My first Luandan Christmas has come and gone. At 30C and in bright summer sunshine, the men walking up and down the streets selling plastic pine trees, garlands of tinsel, and Santa Claus hats - the symbols of Christmas in northern lands - were an incongruous sight.
Happily, the threats of the municipal electricity workers to strike and plunge the city into darkness over Christmas and the New Year did not materialise: just the usual level of intermittent power failures continued through the festive period.
For the majority of Luanda's citizens, however, living in bairros far from the city centre, worrying about electricity failure would be a luxury. Most of them remain unconnected to the municipal electricity and water supplies.
Water is a greater concern for people in this city than electricity. And water, more than any other 'commodity', illustrates the gap between rich and poor in Luanda.

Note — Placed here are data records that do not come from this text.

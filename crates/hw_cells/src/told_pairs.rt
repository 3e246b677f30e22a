//! Entries between the ports of cells that were told of before.
ghost use Rattle.std.specs.Prelude.{◌≡◌, ◌<◌, ℕ, Contains, All, IfOk, IsFalse, IsTrue, OnOk, [], length, map};
ghost use Rattle.hw_cells.specs.Cells.{IsFit, IsTold, ReadsThrough};
ghost use Rattle.hw_cells.specs.inside.Parts.{Splits, cells_at};
ghost use Rattle.hw_cells.specs.inside.Told.{AddsAll, IsMarked, IsOf};
ghost use Rattle.hw_cells.specs.declared.cell.Pin.{Pin};

use crate::cell::{Cell, Pin};
use crate::parts::has_few_pins;
use crate::together::TOGETHER;
use crate::told::Told;
use hw_bits::Memory;
use hw_graph::Entry;
use std::alloc::Global;

/// Whether these are the nodes of the pins, in order.
fn are_nodes_of(nodes: &[usize], pins: &[Pin]) -> bool
    ensures { IsTrue result → nodes.now ≡ map (λ (pin : Pin). pin.node) pins.now }
{
    if nodes.len() != pins.len() {
        return false;
    }
    for (place, pin) in pins.iter().enumerate() {
        if nodes[place] != pin.node {
            return false;
        }
    }
    true
}

/// Whether it is told of all pins of the cell.
fn is_of(told: &Told, cell: &Cell) -> bool
    ensures { IsTrue result → IsOf told.now cell.now }
{
    told.outputs.len() <= TOGETHER
        && told.words().len() == told.inputs.len()
        && are_nodes_of(&told.outputs, &cell.outputs)
        && are_nodes_of(&told.inputs, &cell.inputs)
}

/// Adds that the output reads those of the inputs whose word has this bit.
fn add_told_of(
    entries: &mut Vec<Entry>,
    output: &Pin,
    bit: usize,
    inputs: &[Pin],
    words: &[u64],
) -> Result<(), Memory>
    requires bit { bit < 64 }
    requires words { length words.now ≡ length inputs.now }
    ensures { OnOk result (AddsAll (IsMarked words.now bit output.now inputs.now) entries.old.items entries.new.items) }
{
    for (place, input) in inputs.iter().enumerate() {
        if words[place] >> bit & 1 == 1 {
            entries.push(Entry {
                key: output.port,
                value: input.port,
            })?;
        }
    }
    Ok(())
}

/// Adds which ports read which through the cell, of whose pins this is told.
fn add_told_pairs(entries: &mut Vec<Entry>, told: &Told, cell: &Cell) -> Result<(), Memory>
    requires of { IsOf told.now cell.now }
    requires told { IsTold cell.now.reads.now told.now }
    ensures { OnOk result (AddsAll (ReadsThrough cell.now) entries.old.items entries.new.items) }
{
    for (bit, output) in cell.outputs.iter().enumerate() {
        add_told_of(entries, output, bit, &cell.inputs, told.words())?;
    }
    Ok(())
}

/// Adds which ports read which through the cell, where they are few pairs and it is told of all its pins; gives whether it does.
fn add_told(entries: &mut Vec<Entry>, cell: &Cell) -> Result<bool, Memory>
    requires fit { (ports : ℕ) × IsFit ports cell.now }
    ensures told { IfOk result (λ told. IsTrue told → AddsAll (ReadsThrough cell.now) entries.old.items entries.new.items) }
    ensures untold { IfOk result (λ told. IsFalse told → entries.new.items ≡ entries.old.items) }
{
    let Some(told) = cell.told else {
        return Ok(false);
    };
    if !has_few_pins(cell) || !is_of(told, cell) {
        return Ok(false);
    }
    add_told_pairs(entries, told, cell)?;
    Ok(true)
}

/// Adds what is read through the cells that were told of. Gives the numbers of the others.
pub fn split_told(
    alloc: Global,
    entries: &mut Vec<Entry>,
    cells: &[Cell],
) -> Result<Vec<usize>, Memory>
    requires fit { (ports : ℕ) × All (IsFit ports) cells.now }
    ensures splits { IfOk result (λ others. Splits cells.now (Contains cells.now) entries.old.items entries.new.items [] (cells_at cells.now others.items)) }
    ensures within { IfOk result (λ others. All (λ number. number < length cells.now) others.items) }
{
    let mut others = Vec::new(alloc);
    for (number, cell) in cells.iter().enumerate() {
        if !add_told(entries, cell)? {
            others.push(number)?;
        }
    }
    Ok(others)
}
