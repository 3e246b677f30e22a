//! A graph of a component's ports alone, in place of the graph of all that it is made of.
ghost use Rattle.std.specs.Prelude.{ℕ, ◌^◌, ◌<◌, IfOk, IfSome};
ghost use Rattle.hw_cells.specs.Cells.{HasTwoSides, IsCondensed, IsFit};

use crate::cell::Cell;
use crate::pairs::{add_pairs, add_starts};
use crate::parts::order_of;
use hw_bits::Memory;
use hw_graph::{Groups, gather};
use std::alloc::Global;

/// A component with more pairs of an output and an input for each entry of its graph keeps it.
const PAIRS: usize = 16;

/// How many entries the graph has.
fn count_entries(reads: &Groups) -> usize {
    let mut count: usize = 0;
    for node in 0..reads.len() {
        count = count.saturating_add(reads.get(node).len());
    }
    count
}

/// Whether a graph of the cell's ports alone may have no more entries than its own, which has so many, and is soon found.
fn may_be_smaller(cell: &Cell, entries: usize) -> bool {
    let pairs = cell.outputs.len().saturating_mul(cell.inputs.len());
    pairs <= entries.saturating_mul(PAIRS)
}

/// A graph of the cell's ports alone, of which there are so many, in which each output reads the inputs that it reads through
/// the cell. None where the cell's own graph has fewer entries, or may have far fewer than the cell has pairs.
pub fn condense(alloc: Global, ports: usize, cell: &Cell) -> Result<Option<Groups>, Memory>
    requires fit { IsFit ports cell.now }
    requires sides { HasTwoSides cell.now }
    requires room { ports < 2 ^ 63 }
    ensures { IfOk result (λ kept. IfSome kept (IsCondensed ports cell.now)) }
{
    let most = count_entries(cell.reads);
    if !may_be_smaller(cell, most) {
        return Ok(None);
    }
    let Some(order) = order_of(alloc, cell.reads)? else {
        return Ok(None);
    };
    let mut starts = Vec::new(alloc);
    add_starts(&mut starts, cell)?;
    let mut pairs = Vec::new(alloc);
    add_pairs(alloc, &mut pairs, cell.reads, &order, &starts)?;
    if pairs.len() > most {
        return Ok(None);
    }
    let reads = gather(alloc, pairs.as_slice(), ports)?;
    Ok(Some(reads))
}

In Angola as a whole, there is no shortage of water. The high plateau that covers the majority of the country is verdant, and experiences heavy rains. But Luanda lies on the coast, where there is a drier, hotter climate.
During the war, many Angolans migrated from the rural areas to the city, with the result that the bairros sprawl far inland. Originally built for only a few hundred thousand people, Luanda now has an estimated population of between three and four million. The majority live in small metal-roofed huts, many kilometres from the centre.
Poor urban dwellers don't have water piped to their homes. They must buy water from the blue and yellow municipal tankers that crawl daily through the shanty towns. Depending on where you live, a bucketful could cost as much as 50 kwanzas - or one dollar - and the average family requires seven bucketfuls for cooking, drinking, and washing each day. Seven dollars per day for water alone is a huge outlay, when you consider that over 60 per cent of Angola's population currently earns less than US$1.68 per day.
Yet the streets of central Luanda are awash with water every morning: a soapy river flows down our street in the smart Bairro Azul. The reason? Every day, it seems, Luanda's wealthier citizens must have their cars scrubbed and hosed liberally. Even as, just down the road, a crowd with basins, buckets, and canisters, is awaiting the hard-earned daily distribution.